Summary and Conclusions
A study of the dynamic responses of machine foundations on stratified residual soils in Duri and Ulubelu, Indonesia was presented in this paper. This study encompassed two distinct foundation types: a block foundation and a pile group foundation. Each foundation type was analyzed using DYNA as the LMM and ABAQUS as the FEM. A set of parametric studies was also performed to evaluate the effects of pile thickness, pile diameter, number of piles, and vertical load on the displacement amplitude.
This study demonstrated the versatility of LMM and FEM in modeling a wide range of complex machine foundations. Factors such as flexibility versus rigidity, foundation geometry, and foundation type play pivotal roles in shaping the disparities in the predicted dynamic responses between these methods. The analysis results also revealed that LMM and FEM yield different resonance frequencies for similar study cases. These differences may be attributed to several contributing sources, namely each method has its own basic theoretical principle and how each method assumes 'mass' in nodal points (i.e., mesh for the FEM and lump mesh for the LMM). In addition, the LMM models the foundations as rigid elements, while FEM employs flexible elements. Consequently, the more flexible element model exhibits a more elastic behavior, leading to a lower resonance frequency for the machine foundation system in FEM compared to LMM.

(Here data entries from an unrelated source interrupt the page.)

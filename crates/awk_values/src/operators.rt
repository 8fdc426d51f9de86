//! The operators of arithmetic, on whole numbers from -2^53 to 2^53 (POSIX.1-2017 awk, "Expressions in awk").
ghost use Rattle.std.specs.Int.{int_pow};
ghost use Rattle.std.specs.Prelude.{◌≡◌, ◌<◌, ◌≤◌, ◌^◌, ◌↔◌, IfSome, IsSome, unsigned_abs};
ghost use Rattle.awk_text.specs.NumberText.{InRange};
ghost use Rattle.awk_values.specs.Operators.{checked, difference, inverse_power, power, product, quotient, remainder, sum, truncated_quotient};

use crate::Fault;
use awk_text::MAX_NUMBER;

fn checked(number: i64) -> Result<i64, Fault>
    ensures { result ≡ checked number }
{
    if number.unsigned_abs() <= MAX_NUMBER {
        Ok(number)
    } else {
        Err(Fault::Range)
    }
}

/// The sum.
///
/// # Errors
///
/// [`Fault::Range`] where it is outside the range.
pub fn add(left: i64, right: i64) -> Result<i64, Fault>
    requires left { InRange left }
    requires right { InRange right }
    ensures { result ≡ sum left right }
{
    checked(left + right)
}

/// The difference.
///
/// # Errors
///
/// [`Fault::Range`] where it is outside the range.
pub fn sub(left: i64, right: i64) -> Result<i64, Fault>
    requires left { InRange left }
    requires right { InRange right }
    ensures { result ≡ difference left right }
{
    checked(left - right)
}

/// The product.
///
/// # Errors
///
/// [`Fault::Range`] where it is outside the range.
pub fn mul(left: i64, right: i64) -> Result<i64, Fault>
    requires left { InRange left }
    requires right { InRange right }
    ensures { result ≡ product left right }
{
    match left.checked_mul(right) {
        Some(number) => checked(number),
        None => Err(Fault::Range),
    }
}

/// The quotient, which is whole.
///
/// # Errors
///
/// [`Fault::DivisionByZero`] where the divisor is 0, and [`Fault::Inexact`] where it does not divide.
pub fn div(left: i64, right: i64) -> Result<i64, Fault>
    requires left { InRange left }
    requires right { InRange right }
    ensures { result ≡ quotient left right }
{
    if right == 0 {
        Err(Fault::DivisionByZero)
    } else if left % right == 0 {
        Ok(left / right)
    } else {
        Err(Fault::Inexact)
    }
}

/// The quotient, truncated towards 0.
///
/// # Errors
///
/// [`Fault::DivisionByZero`] where the divisor is 0.
pub fn int_div(left: i64, right: i64) -> Result<i64, Fault>
    requires left { InRange left }
    requires right { InRange right }
    ensures { result ≡ truncated_quotient left right }
{
    if right == 0 {
        return Err(Fault::DivisionByZero);
    }
    let quotient = left / right;
    Ok(quotient)
}

/// The remainder, with the sign of the left operand.
///
/// # Errors
///
/// [`Fault::DivisionByZero`] where the divisor is 0.
pub fn rem(left: i64, right: i64) -> Result<i64, Fault>
    requires left { InRange left }
    requires right { InRange right }
    ensures { result ≡ remainder left right }
{
    if right == 0 {
        Err(Fault::DivisionByZero)
    } else {
        Ok(left % right)
    }
}

/// A power of 0, 1 or -1; no other base is answered.
fn unit_power(base: i64, exponent: u64) -> Option<i64>
    ensures value { IfSome result (λ number. number ≡ int_pow base exponent) }
    ensures some { IsSome result ↔ (unsigned_abs base ≤ 1) }
{
    match base {
        0 => Some(if exponent == 0 { 1 } else { 0 }),
        1 => Some(1),
        -1 => Some(if exponent % 2 == 0 { 1 } else { -1 }),
        _ => None,
    }
}

/// One over a power.
fn inverse_power(base: i64, exponent: u64) -> Result<i64, Fault>
    ensures { result ≡ inverse_power base exponent }
{
    if base == 0 {
        return Err(Fault::DivisionByZero);
    }
    match unit_power(base, exponent) {
        Some(number) => Ok(number),
        None => Err(Fault::Inexact),
    }
}

fn large_power(base: i64, exponent: u64) -> Result<i64, Fault>
    requires { 2 ≤ unsigned_abs base }
    ensures { result ≡ checked (int_pow base exponent) }
{
    let Ok(exponent) = u32::try_from(exponent) else {
        return Err(Fault::Range);
    };
    match base.checked_pow(exponent) {
        Some(number) => checked(number),
        None => Err(Fault::Range),
    }
}

/// The power.
///
/// # Errors
///
/// [`Fault::Range`] where it is outside the range. With a negative exponent, [`Fault::DivisionByZero`] of the base 0, and
/// [`Fault::Inexact`] of every other base but 1 and -1.
pub fn pow(base: i64, exponent: i64) -> Result<i64, Fault>
    requires base { InRange base }
    requires exponent { InRange exponent }
    ensures { result ≡ power base exponent }
{
    let magnitude = exponent.unsigned_abs();
    if exponent < 0 {
        return inverse_power(base, magnitude);
    }
    match unit_power(base, magnitude) {
        Some(number) => checked(number),
        None => large_power(base, magnitude),
    }
}
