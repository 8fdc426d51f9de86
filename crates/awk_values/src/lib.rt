//! Values of a script: uninitialised, numbers, texts and numeric strings; their number, text and truth; faults; arithmetic and comparison.
#![tactic(auto)]

mod bytes;
mod comparison;
mod fault;
mod operators;
mod value;

pub use bytes::Bytes;
pub use comparison::{CompareOp, compare};
pub use fault::{Fault, Stop};
pub use operators::{add, div, int_div, mul, pow, rem, sub};
pub use value::{Value, to_number, to_text, truncated, truth};
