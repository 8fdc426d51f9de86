//! Why a run stops.
ghost use Rattle.std.specs.Prelude.{◌≡◌};
ghost use Rattle.awk_values.specs.Faults.{fault_number};
ghost use Rattle.awk_values.specs.FaultNames.{fault_name};

use std::alloc::AllocError;
use std::{error, fmt};
use thiserror::Error;

/// A fault of a run, by its name.
#[derive(Clone, Copy, Debug, PartialEq, Eq, Drop)]
pub enum Fault {
    /// A number is outside -2^53 to 2^53.
    Range,
    /// A text's number is not whole.
    Fraction,
    /// A divisor is 0, or 0 has a negative exponent.
    DivisionByZero,
    /// A quotient, or a power with a negative exponent, is not whole.
    Inexact,
    /// A field's number, or NF, is below 0 or above 1,048,576.
    FieldNumber,
    /// A format of `printf` or `sprintf` is malformed, or lacks an argument.
    Format,
    /// A text is no extended regular expression.
    BadEre,
    /// An extended regular expression is past a limit.
    EreTooLarge,
    /// A text is past 67,108,864 bytes.
    TextLimit,
    /// A file of the main input did not open.
    OpenInput,
    /// The main input could not be read.
    ReadFailed,
    /// An output file did not open.
    OpenOutput,
    /// A write failed.
    WriteFailed,
    /// 256 streams are open, and one more is wanted.
    TooManyStreams,
    /// `next` was run where no record is processed.
    NextOutside,
    /// An assignment of the command line is to what is no variable.
    BadAssignment,
}

impl Fault {
    /// The fault's number, from 1 to 16, as modules keep it.
    pub fn number(self) -> u8
        ensures { result ≡ fault_number self }
    {
        match self {
            Fault::Range => 1,
            Fault::Fraction => 2,
            Fault::DivisionByZero => 3,
            Fault::Inexact => 4,
            Fault::FieldNumber => 5,
            Fault::Format => 6,
            Fault::BadEre => 7,
            Fault::EreTooLarge => 8,
            Fault::TextLimit => 9,
            Fault::OpenInput => 10,
            Fault::ReadFailed => 11,
            Fault::OpenOutput => 12,
            Fault::WriteFailed => 13,
            Fault::TooManyStreams => 14,
            Fault::NextOutside => 15,
            Fault::BadAssignment => 16,
        }
    }

    /// The fault's name, as messages give it.
    pub fn name(self) -> &'static str
        ensures { result.now ≡ fault_name self }
    {
        match self {
            Fault::Range => "Range",
            Fault::Fraction => "Fraction",
            Fault::DivisionByZero => "DivisionByZero",
            Fault::Inexact => "Inexact",
            Fault::FieldNumber => "FieldNumber",
            Fault::Format => "Format",
            Fault::BadEre => "BadEre",
            Fault::EreTooLarge => "EreTooLarge",
            Fault::TextLimit => "TextLimit",
            Fault::OpenInput => "OpenInput",
            Fault::ReadFailed => "ReadFailed",
            Fault::OpenOutput => "OpenOutput",
            Fault::WriteFailed => "WriteFailed",
            Fault::TooManyStreams => "TooManyStreams",
            Fault::NextOutside => "NextOutside",
            Fault::BadAssignment => "BadAssignment",
        }
    }
}

impl fmt::Display for Fault {
    ghost use Rattle.std.specs.Prelude.{Some};

    ghost output = { λ f. Some (fault_name f) };

    fn fmt<W: fmt::Write>(&self, f: &mut fmt::Formatter<W>) -> fmt::Result {
        f.write_str(self.name())
    }
}

impl error::Error for Fault {}

/// Why a step of the host stops: a fault, or want of memory.
#[derive(Clone, Copy, Debug, PartialEq, Eq, Drop, Error)]
pub enum Stop {
    #[error("{0}")]
    Fault(Fault),
    #[error("NoMemory")]
    NoMemory,
}

impl From<AllocError> for Stop {
    ghost use Rattle.awk_values.specs.declared.fault.Stop.TheVariants.{NoMemory};
    ghost use Rattle.std.specs.Prelude.{◌≡◌};

    ghost from_gives = { λ _ e. e ≡ NoMemory };

    fn from(_error: AllocError) -> Stop {
        Stop::NoMemory
    }
}

impl From<Fault> for Stop {
    ghost use Rattle.awk_values.specs.declared.fault.Stop.TheVariants as stop;
    ghost use Rattle.std.specs.Prelude.{◌≡◌};

    ghost from_gives = { λ f e. e ≡ stop.Fault f };

    fn from(fault: Fault) -> Stop {
        Stop::Fault(fault)
    }
}
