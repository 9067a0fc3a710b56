// Words, journals, places, states, the picture, dictionary order and the list by quorum: definitions and laws, and the
// numbers of document 01 that they speak of.
#![tactic(auto)]

// A step is a code below this.
pub const STEP_CODES: u8 = 16;

// The most steps that a journal has.
pub const LONGEST_JOURNAL: usize = 200;

// The most journals that there are.
pub const JOURNALS: usize = 16;

// The mark of a place that is lost.
pub const LOST: u8 = 255;
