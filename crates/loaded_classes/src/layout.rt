//! Where the fields of a class stand.
ghost use Rattle.std.specs.Prelude.{◌≡◌, ◌+◌, ◌<◌, ◌^◌, ◌∷◌, List, length, IfOk};
ghost use Rattle.class_tree.specs.declared.tree.FieldTree.{FieldTree};
ghost use Rattle.class_record.specs.Records.{instance_fields, static_fields};
ghost use Rattle.loaded_classes.specs.Slots.{field_slots};

use class_tree::{FieldTree, is_static};
use sqlite_items::Items;
use std::alloc::{AllocError, Global};

// The next slot among the instance fields of an object, and among the static fields of the class.
#[derive(Drop)]
struct NextSlots {
    instance: u32,
    fixed: u32,
}

// Takes the slot of a field.
fn take_slot(next: &mut NextSlots, field: &FieldTree) -> u32
    requires { next.old.instance + next.old.fixed + 1 < 2 ^ 32 }
    ensures slot { (more : List FieldTree) → field_slots next.old.instance next.old.fixed (field.now ∷ more) ≡ result ∷ field_slots next.new.instance next.new.fixed more }
    ensures sum { next.new.instance + next.new.fixed ≡ next.old.instance + next.old.fixed + 1 }
    ensures instance { (more : List FieldTree) → next.old.instance + instance_fields (field.now ∷ more) ≡ next.new.instance + instance_fields more }
    ensures fixed { (more : List FieldTree) → next.old.fixed + static_fields (field.now ∷ more) ≡ next.new.fixed + static_fields more }
{
    if is_static(field.flags) {
        let slot = next.fixed;
        next.fixed += 1;
        return slot;
    }
    let slot = next.instance;
    next.instance += 1;
    slot
}

/// The slots of the fields that a class declares, and its sizes.
#[derive(Drop)]
pub(crate) struct FieldLayout {
    pub(crate) slots: Items<u32>,
    pub(crate) instance_size: u32,
    pub(crate) static_size: u32,
}

// The layout of a class with these fields, where an object of its superclass has so many.
pub(crate) fn layout_of(
    alloc: Global,
    above: u32,
    fields: &[FieldTree],
) -> Result<FieldLayout, AllocError>
    requires { above + length fields.now < 2 ^ 32 }
    ensures slots { IfOk result (λ l. l.slots ≡ field_slots above 0 fields.now) }
    ensures instance_size { IfOk result (λ l. l.instance_size ≡ above + instance_fields fields.now) }
    ensures static_size { IfOk result (λ l. l.static_size ≡ static_fields fields.now) }
{
    let mut slots = Items::new(alloc);
    let mut next = NextSlots {
        instance: above,
        fixed: 0,
    };
    let mut rest = fields;
    loop {
        let [field, more @ ..] = rest else {
            return Ok(FieldLayout {
                slots,
                instance_size: next.instance,
                static_size: next.fixed,
            });
        };
        let slot = take_slot(&mut next, field);
        let Ok(()) = slots.push(slot) else {
            return Err(AllocError);
        };
        rest = more;
    }
}
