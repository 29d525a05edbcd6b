//! The classes that a run has loaded.
ghost use Rattle.std.specs.Prelude.{◌≡◌, ◌==◌, ◌<◌, ◌≤◌, ℕ, true, false, if◌then◌else◌, length, Some, slice_get, slice_set};
ghost use Rattle.std.specs.Vec.{vec_len};
ghost use Rattle.class_record.specs.declared.fault.TheConstants.{MAX_LOADED};
ghost use Rattle.class_record.specs.Facts.{names_of, pool_of};
ghost use Rattle.class_record.specs.Ancestors.{newest};
ghost use Rattle.class_record.specs.Built.{AreBuilt};
ghost use Rattle.class_record.specs.Calls.{IsClassNamed};
ghost use Rattle.class_record.specs.Laws.{AreDistinct};
ghost use Rattle.loaded_classes.specs.Table.{ClassTable, empty_table, linked_at, word_at, with_link, with_word, row_at};
ghost use Rattle.loaded_classes.specs.Held.{facts_in, IsHeld, known_at, Finds};

use crate::held::HeldClass;
use class_record::{ClassId, JavaFault, sees};
use class_tree::ClassTree;
use indexmap::IndexMap;
use loader_rules::Loader;
use sqlite_items::{Items, at};
use std::alloc::Global;
use std::marker::Model;

/// The classes that a run has loaded, in load order, by their class files. Each fact of them takes the same time, however
/// many there are.
///
/// As `Classes` it has no files beside: a load finds a class that was put in and that the loader sees, and else ends with
/// `NoClassDefFoundError`. Linking says that a class is linked.
///
/// Contracts see it as a `ClassTable`.
#[derive(Drop)]
pub struct LoadedClasses {
    pub(crate) alloc: Global,
    pub(crate) classes: Vec<HeldClass>,
    pub(crate) linked: Vec<bool>,
    pub(crate) words: Vec<Items<u64>>,
    // The place of each name in the load order.
    pub(crate) places: IndexMap<Vec<u8>, u32>,
}

impl Model for LoadedClasses {
    ghost use Rattle.loaded_classes.specs.Table.{ClassTable};

    ghost Value = { ClassTable };

    ghost use Rattle.loaded_classes.specs.Held.{table_of, AreKept};

    ghost view = { λ s. table_of s.classes.items s.linked.items s.words.items };

    ghost invariant = { λ s. AreKept s.classes.items s.linked.items s.words.items s.places };
}

pub(crate) fn place_of(places: &IndexMap<Vec<u8>, u32>, name: &[u8]) -> Option<u32>
    ensures { result ≡ known_at places.now name.now }
{
    places.get(name).copied()
}

fn word_in(words: &[Items<u64>], id: usize, k: usize) -> u64
    ensures { result ≡ word_at words.now id k }
{
    match at(words, id) {
        Some(words) => at(words.as_slice(), k).copied().unwrap_or(0),
        None => 0,
    }
}

fn set_word_in(words: &mut Vec<Items<u64>>, id: usize, k: usize, value: u64)
    requires id { id < vec_len words.old }
    requires k { k < length (row_at words.old.items id) }
    ensures items { words.new.items ≡ slice_set words.old.items id (slice_set (row_at words.old.items id) k value) }
{
    words[id].set(k, value);
}

impl LoadedClasses {
    /// No class at all.
    pub fn new(alloc: Global) -> LoadedClasses
        ensures { result ≡ empty_table }
    {
        LoadedClasses {
            alloc,
            classes: Vec::new(alloc),
            linked: Vec::new(alloc),
            words: Vec::new(alloc),
            places: IndexMap::new(alloc),
        }
    }

    pub(crate) fn count_held(&self) -> u32
        ensures count { result ≡ length self.now.classes }
        ensures few { length self.now.classes ≤ MAX_LOADED }
        ensures built { AreBuilt (newest self.now.classes) }
        ensures distinct { AreDistinct (names_of self.now.classes) }
        ensures unlinked { (id : ℕ) → length self.now.classes ≤ id → linked_at self.now.linked id ≡ false }
        ensures unset { (id k : ℕ) → length self.now.classes ≤ id → word_at self.now.words id k ≡ 0 }
    {
        self.classes.len() as u32
    }

    // What is held of the class with a number.
    pub(crate) fn class(&self, id: ClassId) -> &HeldClass
        requires { id.0 < length self.now.classes }
        ensures is { slice_get self.now.classes id.0 ≡ Some (facts_in result.now) }
        ensures tree { slice_get self.now.trees id.0 ≡ Some result.now.tree }
        ensures held { IsHeld self.now.classes id.0 result.now }
    {
        &self.classes[id.0 as usize]
    }

    /// The class file of a loaded class, as a tree.
    pub fn tree(&self, id: ClassId) -> &ClassTree
        requires { id.0 < length self.now.classes }
        ensures { slice_get self.now.trees id.0 ≡ Some result.now }
    {
        &self.class(id).tree
    }

    pub(crate) fn named(&self, name: &[u8]) -> Option<ClassId>
        ensures { IsClassNamed self.now.classes name.now result }
    {
        match place_of(&self.places, name) {
            Some(id) => Some(ClassId(id)),
            None => None,
        }
    }

    // The class of this name that a loader sees.
    pub(crate) fn seen(&self, name: &[u8], from: Loader) -> Result<ClassId, JavaFault>
        ensures { Finds self.now.classes from name.now result }
    {
        let Some(id) = place_of(&self.places, name) else {
            return Err(JavaFault::NoClassDefFoundError);
        };
        if sees(from, self.classes[id as usize].loader) {
            Ok(ClassId(id))
        } else {
            Err(JavaFault::NoClassDefFoundError)
        }
    }

    pub(crate) fn is_linked(&self, id: ClassId) -> bool
        ensures { result ≡ linked_at self.now.linked id.0 }
    {
        self.linked.get(id.0 as usize).copied().unwrap_or(false)
    }

    pub(crate) fn word(&self, id: ClassId, k: u16) -> u64
        ensures word { result ≡ word_at self.now.words id.0 k }
        ensures rows { length (row_at self.now.words id.0) ≡ length (pool_of self.now.classes id.0) }
    {
        word_in(self.words.as_slice(), id.0 as usize, usize::from(k))
    }

    /// Notes that a class is linked.
    pub fn mark_linked(&mut self, id: ClassId)
        requires { id.0 < length self.old.classes }
        ensures linked { (k : ℕ) → linked_at self.new.linked k ≡ (if k == id.0 then true else linked_at self.old.linked k) }
        ensures classes { self.new.classes ≡ self.old.classes }
        ensures trees { self.new.trees ≡ self.old.trees }
        ensures words { self.new.words ≡ self.old.words }
    {
        self.note_link(id);
    }

    pub(crate) fn note_link(&mut self, id: ClassId)
        requires { id.0 < length self.old.classes }
        ensures linked { self.new ≡ with_link id.0 self.old }
        ensures within { id.0 < length self.old.linked }
    {
        self.linked[id.0 as usize] = true;
    }

    /// Sets a cache word of a loaded class.
    pub fn set_cache_word(&mut self, id: ClassId, k: u16, value: u64)
        requires loaded { id.0 < length self.old.classes }
        requires within { k < length (pool_of self.old.classes id.0) }
        ensures set { word_at self.new.words id.0 k ≡ value }
        ensures words { (i j : ℕ) → ((i ≡ id.0) × (j ≡ k) → ⊥) → word_at self.new.words i j ≡ word_at self.old.words i j }
        ensures classes { self.new.classes ≡ self.old.classes }
        ensures trees { self.new.trees ≡ self.old.trees }
        ensures linked { self.new.linked ≡ self.old.linked }
    {
        self.set_word(id, k, value);
    }

    pub(crate) fn set_word(&mut self, id: ClassId, k: u16, value: u64)
        requires loaded { id.0 < length self.old.classes }
        requires within { k < length (pool_of self.old.classes id.0) }
        ensures set { self.new ≡ with_word id.0 k value self.old }
        ensures within { id.0 < length self.old.words }
        ensures rows { k < length (row_at self.old.words id.0) }
    {
        set_word_in(&mut self.words, id.0 as usize, usize::from(k), value);
    }
}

An increase in the thickness of the pile caps has a notable effect of reducing the displacement amplitude in both the x and the y direction when employing both LMM and FEM for analysis. However, it is important to highlight that the displacement in the z direction remains relatively unaffected when employing the LMM method. Similarly, an increase in the diameter of the pile leads to reduced displacement amplitudes in both the x and the y direction with both LMM and FEM. The only exception is the y direction displacement amplitude in the case of the LMM method. Furthermore, increasing the number of piles results in decreased displacement amplitudes with both LMM and FEM, except for the y direction displacement amplitude with the LMM method.
The analysis results demonstrated several noteworthy trends. In the case of a block foundation, both LMM and FEM yielded results that were in good agreement. However, it is worth noting that LMM predicted slightly larger deformations compared to FEM. On the other hand, for the pile group case, the LMM predicted significantly larger deformations than FEM, particularly in the y and the z direction, whereas the difference in the x direction (i.e. the most rigid axis) was less pronounced. This disparity can be attributed to FEM's ability to model the foundation's flexibility more realistically, resulting in better prediction of its natural frequencies.
Acknowledgements
This paper was written based on a research project that was financially supported by ITB through a P3MI grant. This research project was also part of Wim Ramartsa Ary's master study at ITB. The author would like to thank Dr. M. Hesham El Naggar of Geotechnical Research Centre at Western University, Canada for his permission to use Dyna 5. Any opinions, findings, conclusions, and recommendations presented in this paper are those of the author and do not necessarily reflect the views of any supporting institutions.